Анечка, хозяйка квартиры, оказалась милой, доброжелательной и очень занятой. Утром она училась на медсестру, вечером работала официанткой в ресторане, и мы с ней практически не виделись. Мы сразу же договорились без нужды друг другу не надоедать, а если захочется поговорить — встречаться на нейтральной территории, то есть на кухне. Предосторожности оказались напрасны, — мы с удовольствием болтали, когда поздно вечером она возвращалась с работы. Если из-под моей двери пробивалась полоска света, то Анечка деликатно кашляла в коридоре, и я выходила на кухню, чтобы пообщаться и поужинать — она всегда приносила что-нибудь вкусненькое.

Общими усилиями мы с ней быстренько обставили мою, прежде пустовавшую, комнату — притащили с улицы столик, тумбочку, нашли даже работающий телевизор. Кровать пришлось покупать, и я купила самую дешёвую, с железной рамой, и с гаечным ключом ползала полночи по полу, скрепляя непослушные железные рельсы.

На новую работу я приходила ровно к девяти. Дверь мне открывала Зинаида Леонидовна, с растрёпанными седыми волосами, в ночной сорочке. Первым делом она бросала многозначительный взгляд на часы, висевшие в коридоре на стене, и укоризненно поджимала губы, если даже было без одной минуты девять, и меня это тут же выводило из себя. Я умывала её, кормила, усаживала в инвалидное кресло и вывозила на прогулку в парк, сидела рядом с ней на скамейке, в окружении русских пенсионеров, каждый и каждая из которых усиленно жалели или осуждали меня за то, что молодая здоровая девка нянчится со старухой.

Непрекращающийся позор терпела и вечером, выкатывая подопечную к подъезду и находясь в обществе старух и их хомматенд. Бабка изысканно издевалась. Обделённая вниманием в семье, она требовала каждую секунду моего внимания. Я пыталась отгораживаться от неё книгами и газетами, пыталась читать ей вслух, но она не слушала. Кровоотсос из меня шёл постоянно и ежесекундно. Мне было смертельно скучно и смертельно я постоянно хотела только одного — спать, спать и спать.

Домочадцы старались как можно меньше контактировать с бабушкой, мамой и свекровью. Они жили своей жизнью в других комнатах, вызывая меня в коридор для инструкций и убегая всякий раз с кухни, когда там появлялись мы. Это были милые люди, и со временем мы подружились.
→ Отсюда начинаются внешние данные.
/// The places of what an edge hands to phis or arguments.
fn read_moves(
    run: &mut Run,
    params: &[Slot],
    sources: &[Option<Source>],
) -> Result<Vec<u32>, AllocError>
    ensures at { IfOk result (λ ks. (c : Contents) → (s : State Slot) → All (IsKnownGiven c) sources.now → IsAt c run.old s → IsAt c run.new s × AllNamed c.types run.new.table ks.items (map (λ m. machine.read_move s.env m.1) (moves_from c.terms 0 params.now sources.now))) }
    ensures len { IfOk result (λ ks. length ks.items ≡ length params.now) }
{
    let mut places = Vec::new(run.alloc);
    for at in 0..params.len() {
        let place = read_given(run, given_at(sources, at))?;
        places.push(place)?;
    }
    Ok(places)
}

/// Gives values the terms at places, each in turn.
fn set_all(run: &mut Run, slots: &[Slot], places: &[u32]) -> Result<(), AllocError>
    requires { length places.now ≡ length slots.now }
    ensures { OnOk result ((c : Contents) → (s : State Slot) → (ts : List Term) → IsAt c run.old s → AllNamed c.types run.old.table places.now ts → IsAt c run.new (with_each s slots.now ts)) }
{
    for at in 0..slots.len() {
        set(run, slots[at], places[at])?;
    }
    Ok(())
}

/// What an edge hands to the phis or arguments of its target, all read before any is set.
fn move_all(run: &mut Run, params: &[Slot], sources: &[Option<Source>]) -> Result<(), AllocError>
    ensures { OnOk result ((c : Contents) → (s : State Slot) → All (IsKnownGiven c) sources.now → IsAt c run.old s → IsAt c run.new (machine.move Slot same_slot s (moves_from c.terms 0 params.now sources.now))) }
{
    let places = read_moves(run, params, sources)?;
    set_all(run, params, places.as_slice())
}

/// Enters a block and runs it to its end.
fn arrive(run: &mut Run, to: u32, rows: &[Row]) -> Result<(), AllocError>
    requires { IsRunOver (λ c. All (IsKnownRow c) rows.now) run.old }
    ensures { OnOk result ((c : Contents) → (s : State Slot) → All (IsKnownRow c) rows.now → IsAt c run.old s → IsAt c run.new (machine.arrive Slot same_slot s to (map (row_of c) rows.now))) }
{
    run.block = to;
    note(run, TraceItem::Block(to))?;
    straight(run, rows)
}

/// Takes an edge to a block, given the phis or arguments there.
fn follow(run: &mut Run, edge: &Edge, params: &[Slot], target: &Block) -> Result<(), AllocError>
    requires { IsRunOver (λ c. IsKnownEdge c edge.now × IsKnownBlock c target.now) run.old }
    ensures { OnOk result ((c : Contents) → (s : State Slot) → IsKnownEdge c edge.now → IsKnownBlock c target.now → IsAt c run.old s
        → IsAt c run.new (machine.arrive Slot same_slot (machine.move Slot same_slot s (moves_from c.terms 0 params.now edge.now.sources)) edge.now.to (map (row_of c) target.now.rows))) }
{
    move_all(run, params, edge.sources.as_slice())?;
    arrive(run, edge.to, target.rows.as_slice())
}

/// The phis or arguments of the block at a place.
fn params_of(code: &Code, at: u32) -> &[Slot]
    ensures { result.now ≡ params_at code.now.params at }
{
    match code.params.as_slice().get(at as usize) {
        Some(params) => params.as_slice(),
        None => &[],
    }
}

/// Takes the edge that a choice names, and answers whether there is one that leads to a block.
fn jump(run: &mut Run, code: &Code, choice: u32) -> Result<bool, AllocError>
    requires { IsRunOver (λ c. All (IsKnownBlock c) code.now.blocks) run.old }
    ensures { IfOk result (λ went. (c : Contents) → (s : State Slot) → All (IsKnownBlock c) code.now.blocks → IsAt c run.old s → IsJumped c run.new went s (machine.jump Slot same_slot (code_of c code.now.params code.now.blocks) s choice)) }
{
    let blocks = code.blocks.as_slice();
    let Some(block) = blocks.get(run.block as usize) else {
        return Ok(false)
    };
    let Some(edge) = block.edges.as_slice().get(choice as usize) else {
        return Ok(false)
    };
    let Some(target) = blocks.get(edge.to as usize) else {
        return Ok(false)
    };
    follow(run, edge, params_of(code, edge.to), target)?;
    Ok(true)
}

/// Runs on, with a choice for each jump, until the choices end or one names no edge.
fn run_on(run: &mut Run, code: &Code, choices: &[u32]) -> Result<(), AllocError>
    requires { IsRunOver (λ c. All (IsKnownBlock c) code.now.blocks) run.old }
    ensures { OnOk result ((c : Contents) → (s : State Slot) → All (IsKnownBlock c) code.now.blocks → IsAt c run.old s → IsAt c run.new (machine.run Slot same_slot (code_of c code.now.params code.now.blocks) choices.now s)) }
{
    for choice in choices {
        if !jump(run, code, *choice)? {
            return Ok(());
        }
    }
    Ok(())
}

/// Sets the parameters of a run that has none so far.
fn set_inputs(run: &mut Run, holder: u32, inputs: u32) -> Result<(), AllocError>
    ensures { OnOk result ((c : Contents) → IsAt c run.old (machine.begin Slot same_slot (start_of holder 0)) → IsAt c run.new (machine.begin Slot same_slot (start_of holder inputs))) }
{
    for place in 0..inputs {
        let term = intern(run, TermNode::Param(place))?;
        set(run, Slot::Input(holder, place), term)?;
    }
    Ok(())
}

/// A run before its first block, with its parameters set, whose table has the terms of constants.
fn begin(alloc: Global, terms: TermTable, holder: u32, inputs: u32) -> Result<Run, AllocError>
    ensures { IfOk result (λ run. (trees : List TypeTree) → AreTyped (length trees) terms → IsAt (over trees terms) run (machine.begin Slot same_slot (start_of holder inputs))) }
{
    let mut run = Run {
        alloc,
        table: terms,
        env: IndexMap::new(alloc),
        block: 0,
        count: 0,
        items: Vec::new(alloc),
    };
    set_inputs(&mut run, holder, inputs).and(Ok(run))
}

/// A run that is at the end of the first block.
fn first(
    alloc: Global,
    terms: TermTable,
    holder: u32,
    inputs: u32,
    code: &Code,
) -> Result<Run, AllocError>
    requires { (trees : List TypeTree) × AreTyped (length trees) terms × All (IsKnownBlock (over trees terms)) code.now.blocks }
    ensures { IfOk result (λ run. (trees : List TypeTree) → AreTyped (length trees) terms → All (IsKnownBlock (over trees terms)) code.now.blocks → IsAt (over trees terms) run (machine.first Slot same_slot (start_of holder inputs) (code_of (over trees terms) code.now.params code.now.blocks))) }
{
    let mut run = begin(alloc, terms, holder, inputs)?;
    match code.blocks.as_slice().first() {
        Some(block) => arrive(&mut run, 0, block.rows.as_slice()).and(Ok(run)),
        None => Ok(run),
    }
}

/// The trace of a body, for a list of choices.
pub fn trace_body(alloc: Global, body: Body, choices: &[u32]) -> Result<Trace, AllocError>
    requires known { All (IsKnownBlock (contents_of body.types body.terms)) body.code.blocks }
    requires typed { AreTyped (length (type_trees body.types)) body.terms }
    ensures exact { IfOk result (λ t. items_of t ≡ machine.trace Slot same_slot (start_of body.holder body.inputs) (code_of (contents_of body.types body.terms) body.code.params body.code.blocks) choices.now) }
    ensures tables { IfOk result HasTables }
{
    let Body {
        types,
        terms,
        holder,
        inputs,
        code,
    } = body;
    let mut run = first(alloc, terms, holder, inputs, &code)?;
    run_on(&mut run, &code, choices)?;
    let Run { table, items, .. } = run;

    // These tell the proof what is true of every table.
    let _ = types.len();
    let _ = table.len();
    Ok(Trace {
        types,
        terms: table,
        items,
    })
}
Сын Зинаиды Леонидовны, сорокалетний Семён, инженер, симпатичный, активный и интеллигентный, нежно заботился о матери и потакал её капризам. Его жена Рита, тоже инженер, свекровь ненавидела, но это была ответная ненависть — свекровь всю жизнь выказывала невестке своё презрение. Их дети — двадцатилетняя Даша и пятнадцатилетний Рома. Рома к бабушке относился почтительно, целовал её в щёку и уходил по своим делам. Даша — равнодушно и слегка пренебрежительно, ведь бабушку уже нельзя было воспринимать всерьёз ни как собеседника, ни как наперсницу. Рита скрывала неприязнь к матери мужа, чтобы не обижать любимого. Много лет точимая невысказанной ненавистью, нежная и тихая Рита слабела, мучалась мигренями и старалась свести контакты с властной в прошлом и контролировавшей их жизнь свекровью к минимуму.